If I purchase a 58.4 or 58.55 will this fit in a stock?

Just thinking back to my first gaggia classic the stock baskets I got with it were very tight with a 58.4

Thanks all


----------



## catpuccino (Jan 5, 2019)

I'm not sure (a Sage owner will come by soon I'm sure), only thing I'd say is if you think you might want to upgrade to an IMS or VST basket on the near future, consider doing it now and buying a tamper to match. Especially as .4/.55 tampers tend to be a little more expensive than 58, so no point spending money on a 58 that'll soon become obsolete.

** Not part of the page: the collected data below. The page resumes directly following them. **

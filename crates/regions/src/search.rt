// The search for the region that holds an address.
ghost use Rattle.std.specs.Prelude.{◌≡◌, cond, ◌≤◌, ◌<◌, leb, length, get_or};
ghost use Rattle.regions.specs.Search.{InOrder, covered_by, lookup};

use itron::limit::MAX_REGIONS;

// A round of the search looks at one region at most. All but the last halve what is left, the last looks at the one region left.
const ROUNDS: u32 = 7;

// Whether an area holds an address. No sum is made, since an end may be 2^32.
pub(crate) fn covers(start: u32, size: u32, address: u32) -> bool
    ensures { result ≡ covered_by start size address }
{
    if address < start {
        return false;
    }
    address - start < size
}

// Where the half that may hold an address begins: at the region in the middle if that starts at or below the address, else at the first.
pub(crate) fn half_from<'a>(bases: &'a [u32], first: usize, middle: usize, address: u32) -> usize
    requires { middle < length bases.now }
    ensures { result ≡ cond (leb (get_or bases.now middle 0) address) middle first }
{
    if bases[middle] <= address {
        return middle;
    }
    first
}

// The index of the first of `count` regions that holds an address. They are in order, so no other can than the last that starts at or below it.
// Before a round of the loop twice `half` regions are left, or all where those are fewer; which it is depends on the count alone.
pub fn find<'a>(bases: &'a [u32], sizes: &'a [u32], count: usize, address: u32) -> Option<usize>
    requires { (count ≤ length bases.now) × (count ≤ length sizes.now) × InOrder bases.now sizes.now count }
    ensures { result ≡ lookup bases.now sizes.now address 0 count }
{
    if count == 0 {
        return None;
    }
    let mut first: usize = 0;
    let mut half = MAX_REGIONS / 2;
    for _ in 1..ROUNDS {
        if 2 * half <= count {
            first = half_from(bases, first, first + half, address);
        } else if half < count {
            first = half_from(bases, first, count - half, address);
        }
        half /= 2;
    }
    if covers(bases[first], sizes[first], address) {
        return Some(first);
    }
    None
}
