// Bit values of a region's attribute and of the wishes, as document 01 fixes them.
ghost use Rattle.std.specs.Prelude.{◌≡◌};
ghost use Rattle.regions.specs.Flags.{IsBit, has_value};

// The attribute: nobody writes.
pub const NO_WRITE: u32 = 1;

// The attribute: what lies there may be executed.
pub const EXECUTABLE: u32 = 4;

pub const WRITE: u32 = 1;

pub const READ: u32 = 2;

pub const EXECUTE: u32 = 4;

// Whether the bit of that value, which is a power of two, is set.
pub(crate) fn has(flags: u32, value: u32) -> bool
    requires { IsBit value }
    ensures { result ≡ has_value flags value }
{
    flags & value != 0
}
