// The protection unit (document 02, T-06).
ghost use Rattle.std.specs.Prelude.{◌≡◌, ◌<◌};
ghost use Rattle.model.specs.Units.{unit_ok, is_whole};

use itron::limit::MAX_UNIT;

// Whether a table may have this unit. A power of two has one bit.
pub fn is_unit(unit: u32) -> bool
    ensures { result ≡ unit_ok unit }
{
    (u32::count_ones(unit) == 1) & (unit <= MAX_UNIT)
}

// Whether an area is made of whole units.
pub(crate) fn is_whole(unit: u32, base: u32, size: u32) -> bool
    requires { 0 < unit }
    ensures { result ≡ is_whole unit base size }
{
    (base % unit == 0) & (size % unit == 0)
}
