// The memory verdict on a closed table for a known domain (document 01, "The memory verdict").
ghost use Rattle.std.specs.Prelude.{◌≡◌, drop};
ghost use Rattle.model.specs.Checks.{passed};
ghost use Rattle.model.specs.Regions.{may_write, may_read, may_execute, grants, allows, wishes_ok, area_ok, judge_in, judge};
ghost use Rattle.regions.specs.View.{regions_of, shown_as};
ghost use Rattle.regions.specs.Held.{Held, Indexed};

use crate::entry::is_area;
use crate::flag::{EXECUTABLE, EXECUTE, NO_WRITE, READ, WRITE, has};
use crate::search::find;
use crate::state::{RegionInfo, Regions};
use access::pattern::admits;
use itron::error::Error;

// Whether there is a wish and no unknown one.
pub(crate) fn is_wish(wishes: u32) -> bool
    ensures { result ≡ wishes_ok wishes }
{
    (1 <= wishes) & (wishes <= WRITE + READ + EXECUTE)
}

// Whether there is something to judge: an area and a wish.
pub(crate) fn is_request(base: u32, size: u32, wishes: u32) -> bool
    ensures { result ≡ area_ok base size wishes }
{
    is_wish(wishes) & is_area(base, size)
}

// A wish that is not there is granted.
pub(crate) fn granted(wanted: bool, may: bool) -> bool
    ensures { result ≡ grants wanted may }
{
    if wanted {
        return may;
    }
    true
}

impl RegionInfo {
    pub(crate) fn may_write(self, domain: i32) -> bool
        ensures { result ≡ may_write (shown_as self) domain }
    {
        !has(self.attribute, NO_WRITE) & admits(self.vector.normal1, domain)
    }

    pub(crate) fn may_read(self, domain: i32) -> bool
        ensures { result ≡ may_read (shown_as self) domain }
    {
        admits(self.vector.normal2, domain)
    }

    pub(crate) fn may_execute(self, domain: i32) -> bool
        ensures { result ≡ may_execute (shown_as self) domain }
    {
        has(self.attribute, EXECUTABLE) & admits(self.vector.normal2, domain)
    }

    // Whether every wish is granted.
    pub(crate) fn allows(self, domain: i32, wishes: u32) -> bool
        ensures { result ≡ allows (shown_as self) domain wishes }
    {
        let write = granted(has(wishes, WRITE), self.may_write(domain));
        let read = granted(has(wishes, READ), self.may_read(domain));
        let execute = granted(has(wishes, EXECUTE), self.may_execute(domain));
        write & read & execute
    }
}

impl Regions {
    // The verdict on an area that starts in a region, given with its index.
    pub(crate) fn judge_at(
        self,
        index: usize,
        region: RegionInfo,
        domain: i32,
        base: u32,
        size: u32,
        wishes: u32,
    ) -> Result<(), Error>
        requires { Indexed self index region }
        ensures { result ≡ passed (judge_in (drop index (regions_of self)) domain base size wishes) }
    {
        let inside = self.reaches(index, region, base as u64 + size as u64);
        let allowed = region.allows(domain, wishes);
        if !inside {
            return Err(Error::Obj);
        }
        if !allowed {
            return Err(Error::Macv);
        }
        Ok(())
    }

    // The verdict, whatever is asked; the region is read in place, since `at` would take a copy of all regions.
    pub fn judge(self, domain: i32, base: u32, size: u32, wishes: u32) -> Result<(), Error>
        requires { Held self }
        ensures { result ≡ passed (judge (regions_of self) domain base size wishes) }
    {
        if !is_request(base, size, wishes) {
            return Err(Error::Par);
        }
        let count = self.count;
        let index = find(&self.bases, &self.sizes, count, base).ok_or(Error::Noexs)?;
        let protection = self.protections[index];
        let region = RegionInfo::of(self.bases[index], self.sizes[index], protection);
        self.judge_at(index, region, domain, base, size, wishes)
    }
}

Edit: doubly so as there are a few precision tampers in the for sale section at the moment.


----------



## joey24dirt (Jan 28, 2017)

I think the stock may be tapered slightly (I'll dig mine out) which makes it tricky to get anything too precise.

As mentioned, the IMS and VST baskets are more precise, so if you're looking to add precision tamper to your arsenal, then maybe grab a basket too. 58.4 or .5 would be fine. If you can taste the difference between either, then hats off to you 

Sent from my iPhone using Tapatalk


----------



## truegrace (Jan 29, 2014)

Thanks, may just buy a vst anyway. Gonna pop into rave this week and see if they stock the torrs in the shop they have on the website to take a look, or purchase one of coffeechaps


----------



## jayjayem (Dec 13, 2018)

I use a 58.5 tamper with both a 15g VST basket and the stock sage basket. The VST is an ever so slightly tighter fit than the stock, but the tamper works well with both.

Sent from my ONEPLUS A6013 using Tapatalk


----------



## truegrace (Jan 29, 2014)

jayjayem said:


> I use a 58.5 tamper with both a 15g VST basket and the stock sage basket. The VST is an ever so slightly tighter fit than the stock, but the tamper works well with both.
> 
> Sent from my ONEPLUS A6013 using Tapatalk


 Cool, thanks


----------